Let us look into fragment of NumPy documentation:
(https://docs.scipy.org/doc/numpy-1.13.0/reference/generated/numpy.around.html#numpy.around)
For understanding - np.round uses np.around - see NumPy documentation
For values exactly halfway between rounded decimal values, NumPy rounds to the nearest even value. Thus 1.5 and 2.5 round to 2.0, -0.5 and 0.5 round to 0.0, etc. Results may also be surprising due to the inexact representation of decimal fractions in the IEEE floating point standard [R9] and errors introduced when scaling by powers of ten.
Conclusions:
In your case np.round just rounded 0.025 to 0.02 by rules described above (source - NumPy documentation)

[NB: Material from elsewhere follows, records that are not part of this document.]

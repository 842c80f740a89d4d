//! Addresses of this host.

use std::net::{SocketAddr, TcpListener};

/// An address of this host at which nobody listens any more.
pub fn left_address(rt: &HostRuntime) -> Option<SocketAddr> {
    let Ok(listener) = TcpListener::bind(rt, "127.0.0.1:0") else {
        return None;
    };
    listener.local_addr().ok()
}
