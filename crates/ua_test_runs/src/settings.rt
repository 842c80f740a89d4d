//! Settings by which nothing can open a connection.

use std::alloc::{AllocError, Global};

/// Settings without an endpoint.
pub const NO_ENDPOINT: &str =
    "version = 1\n[application]\nuri = \"u\"\nnames = [{ text = \"n\" }]\n";

fn add_so_many(text: &mut String, letter: &str) -> Result<(), AllocError> {
    for _ in 0..4095 {
        text.push_str(letter)?;
    }
    Ok(())
}

/// Settings whose URI and url have 4095 bytes each.
pub fn long_settings(alloc: Global) -> Result<String, AllocError> {
    let mut text = String::from_str(alloc, "version = 1\n[application]\nuri = \"")?;
    add_so_many(&mut text, "a")?;
    text.push_str("\"\nnames = [{ text = \"n\" }]\n[[endpoint]]\nurl = \"")?;
    add_so_many(&mut text, "b")?;
    text.push_str("\"\n")?;
    Ok(text)
}
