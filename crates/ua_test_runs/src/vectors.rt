//! Frames as other programs write them.

/// What a client sends that opens a channel, asks for servers and closes: 338 bytes.
pub const CALLS: &[u8] =
    b"HELF8\0\0\0\0\0\0\0\xFF\xFF\0\0\xFF\xFF\0\0\0\0\0\0\0\0\0\0\x18\0\0\0opc.tcp://localhost:4840OPNF\x84\0\0\0\0\0\0\0/\0\0\0http://opcfoundation.org/UA/SecurityPolicy#None\xFF\xFF\xFF\xFF\xFF\xFF\xFF\xFF\x01\0\0\0\x01\0\0\0\x01\0\xBE\x01\0\0\0\0\0\0\0\0\0\0\x01\0\0\0\0\0\0\0\xFF\xFF\xFF\xFF\0\0\0\0\0\0\0\0\0\0\0\0\0\0\0\x01\0\0\0\xFF\xFF\xFF\xFF\0\0\0\0MSGF]\0\0\0\x01\0\0\0\x01\0\0\0\x02\0\0\0\x02\0\0\0\x01\0\xA6\x01\0\0\0\0\0\0\0\0\0\0\x02\0\0\0\0\0\0\0\xFF\xFF\xFF\xFF\0\0\0\0\0\0\0\x18\0\0\0opc.tcp://localhost:4840\xFF\xFF\xFF\xFF\xFF\xFF\xFF\xFFCLOF9\0\0\0\x01\0\0\0\x01\0\0\0\x03\0\0\0\x03\0\0\0\x01\0\xC4\x01\0\0\0\0\0\0\0\0\0\0\x03\0\0\0\0\0\0\0\xFF\xFF\xFF\xFF\0\0\0\0\0\0\0";

/// What a server says first by the settings `default` that opened the connection: the URI of its application, and the
/// url of its endpoint.
pub const REVERSE_HELLO: &[u8] = b"RHEF\x2D\0\0\0\x05\0\0\0urn:a\x18\0\0\0opc.tcp://localhost:4840";

/// The Acknowledge of a server that takes and sends 65535 bytes, messages of 1048576 bytes and 64 chunks.
pub const ACKNOWLEDGE: &[u8] =
    b"ACKF\x1C\0\0\0\0\0\0\0\xFF\xFF\0\0\xFF\xFF\0\0\0\0\x10\0\x40\0\0\0";

/// The answer to the open request: channel 1, token 1, an hour of life.
pub const OPEN_RESPONSE: &[u8] =
    b"OPNF\x87\0\0\0\x01\0\0\0\x2F\0\0\0http://opcfoundation.org/UA/SecurityPolicy#None\xFF\xFF\xFF\xFF\xFF\xFF\xFF\xFF\x01\0\0\0\x01\0\0\0\x01\0\xC1\x01\0\0\0\0\0\0\0\0\x01\0\0\0\0\0\0\0\0\xFF\xFF\xFF\xFF\0\0\0\0\0\0\0\x01\0\0\0\x01\0\0\0\0\0\0\0\0\0\0\0\x80\xEE\x36\0\xFF\xFF\xFF\xFF";

/// A MSG with a FindServers request of handle 2, under request id 2 and with number 2.
pub const FIND_REQUEST: &[u8] =
    b"MSGF\x5D\0\0\0\x01\0\0\0\x01\0\0\0\x02\0\0\0\x02\0\0\0\x01\0\xA6\x01\0\0\0\0\0\0\0\0\0\0\x02\0\0\0\0\0\0\0\xFF\xFF\xFF\xFF\0\0\0\0\0\0\0\x18\0\0\0opc.tcp://localhost:4840\xFF\xFF\xFF\xFF\xFF\xFF\xFF\xFF";

/// The same without a url.
pub const FIND_REQUEST_WITHOUT_URL: &[u8] =
    b"MSGF\x45\0\0\0\x01\0\0\0\x01\0\0\0\x02\0\0\0\x02\0\0\0\x01\0\xA6\x01\0\0\0\0\0\0\0\0\0\0\x02\0\0\0\0\0\0\0\xFF\xFF\xFF\xFF\0\0\0\0\0\0\0\xFF\xFF\xFF\xFF\xFF\xFF\xFF\xFF\xFF\xFF\xFF\xFF";

/// Its answer by the settings `default`: one application.
pub const FIND_RESPONSE: &[u8] =
    b"MSGF\x86\0\0\0\x01\0\0\0\x01\0\0\0\x02\0\0\0\x02\0\0\0\x01\0\xA9\x01\0\0\0\0\0\0\0\0\x02\0\0\0\0\0\0\0\0\xFF\xFF\xFF\xFF\0\0\0\x01\0\0\0\x05\0\0\0urn:a\x05\0\0\0urn:p\x03\x02\0\0\0en\x05\0\0\0Press\0\0\0\0\xFF\xFF\xFF\xFF\xFF\xFF\xFF\xFF\x01\0\0\0\x18\0\0\0opc.tcp://localhost:4840";

/// The answer of a server of two applications.
pub const BOTH_FOUND: &[u8] =
    b"MSGF\xAC\0\0\0\x01\0\0\0\x01\0\0\0\x02\0\0\0\x02\0\0\0\x01\0\xA9\x01\0\0\0\0\0\0\0\0\x02\0\0\0\0\0\0\0\0\xFF\xFF\xFF\xFF\0\0\0\x02\0\0\0\x05\0\0\0urn:a\x05\0\0\0urn:p\x03\x02\0\0\0en\x05\0\0\0Press\0\0\0\0\xFF\xFF\xFF\xFF\xFF\xFF\xFF\xFF\x01\0\0\0\x18\0\0\0opc.tcp://localhost:4840\x05\0\0\0urn:b\xFF\xFF\xFF\xFF\x02\x04\0\0\0Oven\0\0\0\0\xFF\xFF\xFF\xFF\xFF\xFF\xFF\xFF\0\0\0\0";

/// The answer to GetEndpoints: one endpoint of that application.
pub const ENDPOINTS_RESPONSE: &[u8] =
    b"MSGF\x3C\x01\0\0\x01\0\0\0\x01\0\0\0\x02\0\0\0\x02\0\0\0\x01\0\xAF\x01\0\0\0\0\0\0\0\0\x02\0\0\0\0\0\0\0\0\xFF\xFF\xFF\xFF\0\0\0\x01\0\0\0\x18\0\0\0opc.tcp://localhost:4840\x05\0\0\0urn:a\x05\0\0\0urn:p\x03\x02\0\0\0en\x05\0\0\0Press\0\0\0\0\xFF\xFF\xFF\xFF\xFF\xFF\xFF\xFF\x01\0\0\0\x18\0\0\0opc.tcp://localhost:4840\xFF\xFF\xFF\xFF\x01\0\0\0\x2F\0\0\0http://opcfoundation.org/UA/SecurityPolicy#None\x01\0\0\0\x01\0\0\0\x30\0\0\0\0\xFF\xFF\xFF\xFF\xFF\xFF\xFF\xFF\xFF\xFF\xFF\xFF\x41\0\0\0http://opcfoundation.org/UA-Profile/Transport/uatcp-uasc-uabinary\0";

/// A ServiceFault in its place: the service is not offered.
pub const FAULT_RESPONSE: &[u8] =
    b"MSGF\x34\0\0\0\x01\0\0\0\x01\0\0\0\x02\0\0\0\x02\0\0\0\x01\0\x8D\x01\0\0\0\0\0\0\0\0\x02\0\0\0\0\0\x0B\x80\0\xFF\xFF\xFF\xFF\0\0\0";

/// An abort in its place: the answer is larger than the client takes.
pub const ABORT_TOO_LARGE: &[u8] =
    b"MSGA\x20\0\0\0\x01\0\0\0\x01\0\0\0\x02\0\0\0\x02\0\0\0\0\0\xB9\x80\xFF\xFF\xFF\xFF";

/// A CLO with number 3 and request id 3.
pub const CLOSE_REQUEST: &[u8] =
    b"CLOF\x39\0\0\0\x01\0\0\0\x01\0\0\0\x03\0\0\0\x03\0\0\0\x01\0\xC4\x01\0\0\0\0\0\0\0\0\0\0\x03\0\0\0\0\0\0\0\xFF\xFF\xFF\xFF\0\0\0\0\0\0\0";
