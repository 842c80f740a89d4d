//! What the tests of the command share: pages of memory, frames as other programs write them, addresses of this host, and settings. Nothing is
//! promised of it but that it is safe and returns.
#![tactic(auto)]

pub mod addresses;
pub mod pages;
pub mod settings;
pub mod vectors;
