// The worked figures, each at its place.
use crate::worked_figures;

#[test]
fn figures_in_their_places(rt: HostRuntime) {
    // what is worked; the figure
    let cases: [(&str, i64); 20] = [
        ("amount at price 51,234", 502_093),
        ("amount at price 50", 1),
        ("amount at price 49", 0),
        ("first part of 10 points", 3),
        ("second part of 10 points", 3),
        ("third part of 10 points", 4),
        ("share with margin 33", 300),
        ("share with margin 400", 0),
        ("excess at price 50,000", 32_500),
        ("band of Monday at 7", 2),
        ("band of Saturday at 7", 3),
        ("band of Sunday at 21", 1),
        ("the generator's balance", 560_000),
        ("the distributor's balance", -583_640),
        ("residue of the month", 23_640),
        ("net energy of a quarter", 0),
        ("its external auxiliaries", 5),
        ("its auxiliaries", 15),
        ("first byte of 300", 172),
        ("second byte of 300", 2),
    ];
    for ((name, points), worked) in cases.into_iter().zip(worked_figures()) {
        assert_eq!(rt; worked, points, "{name}");
    }
}
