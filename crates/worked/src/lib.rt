//! The figures that are worked by hand from the rules, in one table.
#![tactic(auto)]

ghost use Rattle.std.specs.Prelude.{◌≡◌};
ghost use Rattle.worked.specs.Figures.{figures};

#[cfg(test)]
mod tests;

/// The figures worked by hand, each of which is what the rules give: a host may print them, or hold its own working against them.
/// Amounts are in points and quantities in kWh; a band is 1 for peak, 2 for medium and 3 for base; a byte of a packet is a number.
pub fn worked_figures() -> [i64; 20]
    ensures { result ≡ figures }
{
    [
        502_093, // the amount of 1,000 kWh at factor 98,000 and price 51,234
        1, // the amount of 1 kWh at factor 100,000 and price 50
        0, // the same at price 49
        3, // 10 points shared over the weights 1, 1 and 1: the first part
        3, // the second part
        4, // the third part
        300, // a share of 1,000 injected and 300 of 900 withdrawn, with margin 33
        0, // the same with margin 400
        32_500, // the excess of gross 100, injected 95, factor 100,000 and cost 80,000 at price 50,000
        2, // the band of Monday at 7
        3, // the band of Saturday at 7
        1, // the band of Sunday at 21
        560_000, // the generator's balance of a month with one posted hour and a block of 100 kWh
        -583_640, // the distributor's
        23_640, // the residue of that month
        0, // the net energy of a quarter with gross 10 delivered and net 5 received
        5, // its external auxiliaries
        15, // its auxiliaries
        172, // the first of the two bytes of 300 in a packet
        2, // the second
    ]
}
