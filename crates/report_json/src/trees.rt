//! Trees.

use crate::sites::{push_constraint, push_ids};
use cranelift_isle::serialize::{Block, ControlFlow, EvalStep, MatchArm};
use cranelift_isle::syntax::Pos;
use cranelift_isle::trie_again::{BindingId, RuleSet};
use report_names::names::NameTables;
use report_queries::rules::rule_behind;
use std::alloc::AllocError;
use text_json::Json;

/// What a tree speaks of.
#[derive(Clone, Copy)]
pub(crate) struct Sources<'a> {
    /// What names are looked up in.
    pub(crate) names: NameTables<'a>,
    /// The sites and the rules.
    pub(crate) set: &'a RuleSet,
}

impl<'a> Sources<'a> {
    /// Adds the steps of a block at a key, in order.
    #[cycle(json)]
    pub(crate) fn push_block(
        &self,
        json: &mut Json,
        key: &str,
        block: &Block,
    ) -> Result<(), AllocError> {
        json.begin_list_at(key)?;
        for step in &block.steps {
            self.push_step(json, step)?;
        }
        json.end()
    }

    #[cycle(json)]
    fn push_step(&self, json: &mut Json, step: &EvalStep) -> Result<(), AllocError> {
        json.begin_object()?;
        push_ids(json, "bind", &step.bind_order)?;
        self.push_check(json, &step.check)?;
        json.end()
    }

    // Adds a test with what follows it, or an end.
    #[cycle(json)]
    fn push_check(&self, json: &mut Json, check: &ControlFlow) -> Result<(), AllocError> {
        match check {
            ControlFlow::Match { source, arms } => {
                begin_test(json, "match", &[*source])?;
                self.push_arms(json, arms)
            }
            ControlFlow::Equal { a, b, body } => {
                begin_test(json, "equal", &[*a, *b])?;
                self.push_block(json, "body", body)
            }
            ControlFlow::Loop { result, body } => {
                begin_test(json, "loop", &[*result])?;
                self.push_block(json, "body", body)
            }
            ControlFlow::Return { pos, result } => self.push_return(json, *pos, *result),
        }
    }

    #[cycle(json)]
    fn push_arms(&self, json: &mut Json, arms: &[MatchArm]) -> Result<(), AllocError> {
        json.begin_list_at("arms")?;
        for arm in arms {
            self.begin_arm(json, arm)?;
            self.push_block(json, "body", &arm.body)?;
            json.end()?;
        }
        json.end()
    }

    // Adds an arm up to its body.
    fn begin_arm(&self, json: &mut Json, arm: &MatchArm) -> Result<(), AllocError> {
        json.begin_object()?;
        push_constraint(json, self.names, arm.constraint)?;
        json.begin_list_at("fields")?;
        for field in &arm.bindings {
            push_field(json, *field)?;
        }
        json.end()
    }

    // Adds a return, with the id of its rule.
    fn push_return(&self, json: &mut Json, pos: Pos, site: BindingId) -> Result<(), AllocError> {
        begin_test(json, "return", &[site])?;
        match rule_behind(self.set, pos, site) {
            Some(rule) => json.key_number("rule", rule.id.index()),
            None => Ok(()),
        }
    }
}

// Adds a test up to what follows it.
fn begin_test(json: &mut Json, test: &str, sites: &[BindingId]) -> Result<(), AllocError> {
    json.key_string("test", test)?;
    push_ids(json, "sites", sites)
}

// Adds the site of a field, or `null` where it has none.
fn push_field(json: &mut Json, field: Option<BindingId>) -> Result<(), AllocError> {
    match field {
        Some(site) => json.number(site.index()),
        None => json.null(),
    }
}
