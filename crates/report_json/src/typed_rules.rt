//! Typed rules, before and after internal extractors are expanded.

use crate::expressions::push_expr;
use crate::patterns::{push_pattern, push_patterns};
use cranelift_isle::environments::Environments;
use cranelift_isle::lower::Lowered;
use cranelift_isle::sema::{BoundVar, IfLet, Rule, RuleId};
use cranelift_isle::trie_again::BindingId;
use report_names::names::NameTables;
use report_queries::variable_sites::KnownSites;
use std::alloc::AllocError;
use text_json::Json;

// The rules of definitions, typed.
#[derive(Clone, Copy)]
struct TypedForm<'a> {
    // What names are looked up in.
    names: NameTables<'a>,
    // The rules, by their ids.
    rules: &'a [Rule],
}

/// The typed rules of definitions in both forms.
pub(crate) struct TypedForms<'a> {
    // Those in which internal extractors stand as they are written, where there are such.
    written: Option<TypedForm<'a>>,
    // Those in which they are expanded, where they were.
    expanded: Option<TypedForm<'a>>,
}

impl<'a> Drop for TypedForms<'a> {
    fn drop(self) {
        let TypedForms {
            written: _,
            expanded: _,
        } = self;
    }
}

impl<'a> TypedForms<'a> {
    /// Those of lowered definitions, of which these names are, and those before expansion, where there are such.
    pub(crate) fn new(
        names: NameTables<'a>,
        lowered: &'a Lowered,
        unexpanded: &'a Option<Environments>,
    ) -> TypedForms<'a> {
        let own = TypedForm {
            names,
            rules: &lowered.termenv.rules,
        };
        if !lowered.termenv.expand_internal_extractors {
            return TypedForms {
                written: Some(own),
                expanded: None,
            };
        }
        TypedForms {
            written: form_of(unexpanded),
            expanded: Some(own),
        }
    }

    /// Adds both forms of a rule, each at its key, with `null` where there is none. The sites are those of the form that they
    /// come from: the expanded one, where there is such.
    pub(crate) fn push_forms(
        &self,
        json: &mut Json,
        sites: &KnownSites<'_>,
        id: RuleId,
    ) -> Result<(), AllocError> {
        if self.expanded.is_none() {
            push_form(json, "written", &self.written, Some(sites), id)?;
            return json.key_null("expanded");
        }
        push_form(json, "written", &self.written, None, id)?;
        push_form(json, "expanded", &self.expanded, Some(sites), id)
    }
}

// The typed rules of environments.
fn form_of<'a>(environments: &'a Option<Environments>) -> Option<TypedForm<'a>> {
    match environments {
        Some(environments) => Some(TypedForm {
            names: NameTables {
                tyenv: &environments.tyenv,
                terms: &environments.termenv.terms,
            },
            rules: &environments.termenv.rules,
        }),
        None => None,
    }
}

// Adds a form of a rule at a key, with the sites of its variables, where it has some.
fn push_form(
    json: &mut Json,
    key: &str,
    form: &Option<TypedForm<'_>>,
    sites: Option<&KnownSites<'_>>,
    id: RuleId,
) -> Result<(), AllocError> {
    let Some(form) = form else {
        return json.key_null(key);
    };
    let Some(rule) = form.rules.get(id.index()) else {
        return json.key_null(key);
    };
    json.begin_object_at(key)?;
    match sites {
        Some(sites) => push_placed_variables(json, form.names, rule, &sites.of_rule(rule)?)?,
        None => push_variables(json, form.names, rule)?,
    }
    push_sides(json, form.names, rule)?;
    json.end()
}

// Adds what a typed rule has besides its variables.
fn push_sides(json: &mut Json, names: NameTables<'_>, rule: &Rule) -> Result<(), AllocError> {
    push_patterns(json, names, "arguments", &rule.args)?;
    push_iflets(json, names, &rule.iflets)?;
    json.key("right_side")?;
    push_expr(json, names, &rule.rhs)
}

// Adds the variables of a rule, by their ids.
fn push_variables(json: &mut Json, names: NameTables<'_>, rule: &Rule) -> Result<(), AllocError> {
    json.begin_list_at("variables")?;
    for variable in &rule.vars {
        push_variable(json, names, variable)?;
        json.end()?;
    }
    json.end()
}

// Adds the variables of a rule, by their ids, with their sites.
fn push_placed_variables(
    json: &mut Json,
    names: NameTables<'_>,
    rule: &Rule,
    sites: &[Option<BindingId>],
) -> Result<(), AllocError> {
    json.begin_list_at("variables")?;
    for (variable, site) in rule.vars.iter().zip(sites) {
        push_variable(json, names, variable)?;
        match site {
            Some(site) => json.key_number("site", site.index())?,
            None => json.key_null("site")?,
        }
        json.end()?;
    }
    json.end()
}

// Adds a variable up to its site.
fn push_variable(
    json: &mut Json,
    names: NameTables<'_>,
    variable: &BoundVar,
) -> Result<(), AllocError> {
    json.begin_object()?;
    json.key_number("id", variable.id.index())?;
    json.key_string("name", names.sym(variable.name))?;
    json.key_string("type", names.ty(variable.ty))
}

fn push_iflets(json: &mut Json, names: NameTables<'_>, iflets: &[IfLet]) -> Result<(), AllocError> {
    json.begin_list_at("iflets")?;
    for iflet in iflets {
        json.begin_object()?;
        json.key("pattern")?;
        push_pattern(json, names, &iflet.lhs)?;
        json.key("value")?;
        push_expr(json, names, &iflet.rhs)?;
        json.end()?;
    }
    json.end()
}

I understand that floating number has their limitations so this can be expected:
>>> 0.1 + 0.2 == 0.3
False
But why is this valid? Computers can't store 0.45, 0.55 reliably either right?
>>> 0.45 + 0.55 == 1.00
True
I want to know how in the first case computer couldn't correct its inaccuracy and in the later one it could.
As you know most decimal numbers can't be stored exactly. That's true for all of your above numbers except 1.0.
But they get stored with a high accuracy. Instead of 0.3, some very close representable number gets used. It's not only very close, it's the closest such number.
When you compute 0.1 + 0.2, then another representable number gets computed, which is also very close to 0.3. You are "unlucky" and it differs from the closest possible representable number.
There's no real luck involved, both 0.1 and 0.2 get represented by a slightly larger number. When added, the two errors add as they're of the same sign and you get something like 0.30000000000000004.
With 0.45 + 0.55, the errors are of different signs and cancel out.